Brownlee Owen Currey Jr. (August 14, 1928 – March 18, 2020) was an American businessman and philanthropist.

==Early life==
Currey was born in Nashville on August 14, 1928. Currey's father, Brownlee O. Currey, was the owner of the conservative newspaper Nashville Banner.

==Career==
Currey co-founded Equitable Securities with his father, Brownlee O. Currey. In 1967, it merged with American Express, and he received a sizeable stock portfolio in the company. In 1979, he bought the Nashville Banner from the Gannett Company, and sold it back to them in 1998, for an additional $25 million.
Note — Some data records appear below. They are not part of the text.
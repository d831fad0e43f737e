//! The words of a column, one after the other.

use crate::mismatch::Mismatch;
use std::alloc::Global;

/// Words that are taken in their order.
#[derive(Drop)]
pub struct Words<'a> {
    words: Vec<&'a str>,
    next: usize,
}

impl<'a> Words<'a> {
    /// The words that spaces split.
    pub fn new(alloc: Global, text: &'a str) -> Result<Words<'a>, Mismatch> {
        let words = text.split(' ').collect(alloc)?;
        Ok(Words { words, next: 0 })
    }

    /// The next word.
    pub fn next(&mut self) -> Result<&'a str, Mismatch> {
        let word = self.words.get(self.next).ok_or(Mismatch::NotUnderstood)?;
        self.next += 1;
        Ok(*word)
    }

    /// Returns the text after this key and a colon in the next word.
    pub fn value(&mut self, key: &str) -> Result<&'a str, Mismatch> {
        match self.next()?.split_once(':') {
            Some((name, value)) if name == key => Ok(value),
            _ => Err(Mismatch::NotUnderstood),
        }
    }

    /// Reads a value from a word of this key.
    pub fn read<T, Read: Fn(&str) -> Option<T>>(
        &mut self,
        key: &str,
        read: Read,
    ) -> Result<T, Mismatch>
        requires { Read.IsAlwaysCallable read }
    {
        read(self.value(key)?).ok_or(Mismatch::NotUnderstood)
    }

    /// The items of a list in a word of this key, each read from its token.
    pub fn items<T: Drop, Read: Fn(&str) -> Option<T>>(
        &mut self,
        alloc: Global,
        key: &str,
        read: Read,
    ) -> Result<Vec<T>, Mismatch>
        requires { Read.IsAlwaysCallable read }
    {
        items(alloc, self.value(key)?, read)
    }

    /// Whether no word is left.
    pub fn is_at_end(&self) -> bool {
        self.next >= self.words.len()
    }
}

/// The tokens of a list, as of `[val:i32;val:i64]`.
pub fn list_tokens(alloc: Global, list: &str) -> Result<Vec<&str>, Mismatch> {
    let list = list.strip_prefix('[').ok_or(Mismatch::NotUnderstood)?;
    let list = list.strip_suffix(']').ok_or(Mismatch::NotUnderstood)?;
    if list.is_empty() {
        return Ok(Vec::new(alloc));
    }
    Ok(list.split(';').collect(alloc)?)
}

/// The items of a list, each read from its token.
pub fn items<T: Drop, Read: Fn(&str) -> Option<T>>(
    alloc: Global,
    list: &str,
    read: Read,
) -> Result<Vec<T>, Mismatch>
    requires { Read.IsAlwaysCallable read }
{
    let mut items = Vec::new(alloc);
    for token in list_tokens(alloc, list)?.as_slice() {
        items.push(read(token).ok_or(Mismatch::NotUnderstood)?)?;
    }
    Ok(items)
}

/// The number that a text tells.
pub fn number(text: &str) -> Option<u32> {
    text.parse().ok()
}

/// The bytes of a column: runs in hex that `+` splits, where `0B*100` is a run of a hundred.
pub fn runs(alloc: Global, column: &str) -> Result<Vec<u8>, Mismatch> {
    let mut bytes = Vec::new(alloc);
    for run in column.split('+') {
        let (hex, times) = run.split_once('*').unwrap_or((run, "1"));
        append_run(hex::decode(alloc, hex)?.as_slice(), times, &mut bytes)?;
    }
    Ok(bytes)
}

/// Appends the bytes so many times.
fn append_run(run: &[u8], times: &str, bytes: &mut Vec<u8>) -> Result<(), Mismatch> {
    for _ in 0..number(times).ok_or(Mismatch::NotUnderstood)? {
        bytes.extend_from_slice(run)?;
    }
    Ok(())
}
He sat on the Board of Directors of Thomas Nelson, where he held a $2.3 million stake. He served as President of Currey Investments. He served as Chairman of the Board of OCC, Inc., the Star Communications's principal subsidiary, since 1989.

==Philanthropy==
Currey's donations have helped build Montgomery Bell Academy's Currey Gymnasium, Vanderbilt University's Brownlee O. Currey Jr. Tennis Center, and the Currey Ingram Academy in Williamson County, Tennessee. He served as Chairman of the Board of Trustees of the United States Equestrian Team and as a Trustee of the Phelps Media Group, a public relations and marketing firm dedicated to the equestrian industry. He also sat on the Board of Trustees of the National Foundation for Facial Reconstruction, the International Tennis Hall of Fame, and Vanderbilt University. Professor Richard L. Daft is the Brownlee O. Currey Jr. Professor of Management at Vanderbilt, as is Professor Bruce Barry. The Brownlee O. Currey Jr. Gallery at the Watkins College of Art, Design & Film in Nashville is named in his honor.

==Personal life==
Currey was married to Agneta Currey. They had a son, Christian Brownlee Currey, and two daughters, Stephanie Currey Ingram (married to John R. Ingram) and Frances Currey Briggs. They owned River Circle Farm in Williamson County, a 300-plus-acre property around the Harpeth River. They also owned a home in Manhattan, Southampton, New York and Wellington, Florida. He was an avid tennis player. In 2002, he was named the tenth richest person in Middle Tennessee. He died on March 18, 2020, aged 91.